* **Exercise**
Among the lines below, count those with "speaks". Give the total alone.
BEGIN
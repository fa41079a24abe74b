ghost use Rattle.std.specs.Prelude.{◌≡◌};
ghost use Rattle.ch_clients.specs.Answers.{stronger};

/// What a turn of a worker answers, and each of the things that it does.
#[derive(Clone, Copy, Debug, PartialEq, Eq)]
pub enum WorkerTurn {
    /// Nothing came, nobody left, and each client waits.
    Idle,
    /// Something was done.
    Moved,
    /// There was no memory for a part of the turn.
    Memory,
}

impl WorkerTurn {
    /// What two things that were done come to: want of memory goes before all, and idle is only what is idle
    /// throughout.
    pub fn and(self, other: WorkerTurn) -> WorkerTurn
        ensures { result ≡ stronger self other }
    {
        match (self, other) {
            (WorkerTurn::Memory, _) | (_, WorkerTurn::Memory) => WorkerTurn::Memory,
            (WorkerTurn::Idle, WorkerTurn::Idle) => WorkerTurn::Idle,
            _ => WorkerTurn::Moved,
        }
    }
}
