ghost use Rattle.std.specs.Prelude.{◌≡◌, IfOk};

use crate::copies::copy_config;
use ch_base::Memory;
use ch_config::Config;
use std::alloc::Global;

/// What clients are served with: the configuration, and the second of the server's start.
#[derive(Drop)]
pub(crate) struct Server {
    pub alloc: Global,
    pub config: Config,
    pub start: u64,
}

impl Server {
    pub(crate) fn new(alloc: Global, config: &Config, start: u64) -> Result<Server, Memory>
        ensures config { IfOk result (λ s. s.config ≡ config.now) }
        ensures start { IfOk result (λ s. s.start ≡ start) }
    {
        Ok(Server {
            alloc,
            config: copy_config(alloc, config)?,
            start,
        })
    }
}
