ghost use Rattle.std.specs.Prelude.{◌≡◌, ◌==◌, if◌then◌else◌};
ghost use Rattle.std.specs.Arc.{arc_value};
ghost use Rattle.ch_clients.specs.Clients.{handed, newcomer, MaySpeak, MayTurn, WebSocket, with_frame};
ghost use Rattle.ch_clients.specs.Spoken.{spoken};
ghost use Rattle.ch_clients.specs.Steps.{IsStep, IsSpeechStep, MayFollow, step_of_live, step_of_exchange, setting_with};
ghost use Rattle.ch_config.specs.Config.{IsConfig};
ghost use Rattle.ch_desk.specs.Views.{IsDeskOf};
ghost use Rattle.ch_history.specs.Limits.{IsMoment, IsSocket};

use crate::answer::WorkerTurn;
use crate::server::Server;
use ch_base::{Printed, Shared, Text};
use ch_desk::Desk;
use ch_exchange::{ExTurn, Exchange};
use ch_live::{Live, Turn};
use ch_net::{Arrival, Link};
use std::alloc::Global;
use std::marker::Model;
use std::sync::Arc;

/// How a client speaks.
#[derive(Drop)]
pub(crate) enum Protocol<L: Link> {
    /// One HTTP exchange, which may be a handshake.
    Http(Exchange<L>),
    /// WebSocket, after a handshake.
    WebSocket(Live<L::Wire>),
}

/// A client, with the number of its connection, at least 1 and at most 2^62.
#[derive(Drop)]
pub(crate) struct Client<L: Link> {
    number: u64,
    protocol: Protocol<L>,
}

impl<L: Link> Model for Client<L> {
    ghost use Rattle.ch_clients.specs.Clients.{Client};
    ghost use Rattle.ch_clients.specs.Spoken.{spoken};
    ghost use Rattle.ch_history.specs.Limits.{IsSocket};

    ghost Value = { Client };

    ghost view = { λ c. record { number = c.number; speech = spoken L.told L.Wire.told c.protocol } };

    ghost invariant = { λ c. IsSocket c.number };
}

/// What a client's turn comes to.
#[derive(Debug, PartialEq, Eq, Drop)]
pub(crate) enum Step {
    /// It stays, and its turn came to this.
    Stays(WorkerTurn),
    /// The reply to its handshake was written. This is the target.
    Upgrades(Text),
    /// It ended.
    Ends,
}

impl<L: Link> Client<L> {
    /// The client of a connection that came in. It speaks HTTP first.
    pub(crate) fn new(alloc: Global, arrival: Arrival<L>, now: u64) -> Client<L>
        requires { IsSocket arrival.number }
        ensures { result ≡ newcomer L.told now arrival }
    {
        let Arrival { number, link } = arrival;
        Client {
            number,
            protocol: Protocol::Http(Exchange::new(alloc, link, now)),
        }
    }

    /// The client of this number that speaks WebSocket.
    pub(crate) fn live(number: u64, live: Live<L::Wire>) -> Client<L>
        requires { IsSocket number }
        ensures { result ≡ record { number = number; speech = WebSocket live.peer (L.Wire.told live.wire) } }
    {
        Client {
            number,
            protocol: Protocol::WebSocket(live),
        }
    }

    /// The number of its connection.
    pub(crate) fn number(&self) -> u64
        ensures number { result ≡ self.now.number }
        ensures socket { IsSocket result }
    {
        self.number
    }

    /// Delivers a frame to a live socket, if it is for this number. An exchange takes none, and the frame is
    /// dropped.
    pub(crate) fn hand(&mut self, frame: Shared)
        ensures { self.new
            ≡ (if self.old.number == frame.socket then with_frame self.old frame else self.old) }
    {
        if self.number == frame.socket() {
            deliver(&mut self.protocol, frame.into_printed());
        }
    }

    /// One turn of its exchange or of its live socket.
    pub(crate) fn turn<R, D: Desk<R>>(
        &mut self,
        rt: &R,
        desk: &mut D,
        server: &Server,
        now: u64,
    ) -> Step
        requires config { IsConfig server.now.config }
        requires desk { IsDeskOf server.now.config (D.view desk.old) }
        requires may { MayTurn server.now.config self.old }
        requires now { IsMoment now }
        ensures turn { IsStep (setting_with server.now now L.messages)
            self.old self.new (D.view desk.old) (D.view desk.new) result }
        ensures follows { MayFollow server.now.config result self.new.speech }
        ensures shards { IsDeskOf server.now.config (D.view desk.new) }
    {
        take_step(rt, desk, &mut self.protocol, server, now)
    }

    /// Its exchange, where it speaks HTTP, and its live socket, where it speaks WebSocket.
    pub(crate) fn into_protocol(self) -> Protocol<L>
        ensures { spoken L.told L.Wire.told result ≡ self.speech }
    {
        let Client {
            number: _,
            protocol,
        } = self;
        protocol
    }
}

fn deliver<L: Link>(protocol: &mut Protocol<L>, printed: Arc<Printed>)
    ensures { spoken L.told L.Wire.told protocol.new
        ≡ handed (arc_value printed) (spoken L.told L.Wire.told protocol.old) }
{
    match protocol {
        Protocol::WebSocket(live) => {
            live.deliver_shared(printed);
        }
        Protocol::Http(_) => let_go(printed),
    }
}

fn take_step<R, L: Link, D: Desk<R>>(
    rt: &R,
    desk: &mut D,
    protocol: &mut Protocol<L>,
    server: &Server,
    now: u64,
) -> Step
    requires config { IsConfig server.now.config }
    requires desk { IsDeskOf server.now.config (D.view desk.old) }
    requires may { MaySpeak server.now.config (spoken L.told L.Wire.told protocol.old) }
    requires now { IsMoment now }
    ensures turn { IsSpeechStep (setting_with server.now now L.messages)
        (spoken L.told L.Wire.told protocol.old) (spoken L.told L.Wire.told protocol.new)
        (D.view desk.old) (D.view desk.new) result }
    ensures follows { MayFollow server.now.config result (spoken L.told L.Wire.told protocol.new) }
    ensures shards { IsDeskOf server.now.config (D.view desk.new) }
{
    match protocol {
        Protocol::WebSocket(live) => step_of_live(live.turn(rt, desk, &server.config, now)),
        Protocol::Http(exchange) => {
            step_of_exchange(exchange.turn(rt, desk, &server.config, server.start, now))
        }
    }
}

fn step_of_live(turn: Turn) -> Step
    ensures { result ≡ step_of_live turn }
{
    match turn {
        Turn::Moved => Step::Stays(WorkerTurn::Moved),
        Turn::Idle => Step::Stays(WorkerTurn::Idle),
        Turn::Memory => Step::Stays(WorkerTurn::Memory),
        Turn::Ended(_) => Step::Ends,
    }
}

fn step_of_exchange(turn: ExTurn) -> Step
    ensures { result ≡ step_of_exchange turn }
{
    match turn {
        ExTurn::Moved => Step::Stays(WorkerTurn::Moved),
        ExTurn::Idle => Step::Stays(WorkerTurn::Idle),
        ExTurn::Upgrade(target) => Step::Upgrades(target),
        ExTurn::Done | ExTurn::Peer | ExTurn::Fault => Step::Ends,
    }
}

/// Drops a frame that nobody takes.
fn let_go(_printed: Arc<Printed>) {}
END
* **Expected answer**
4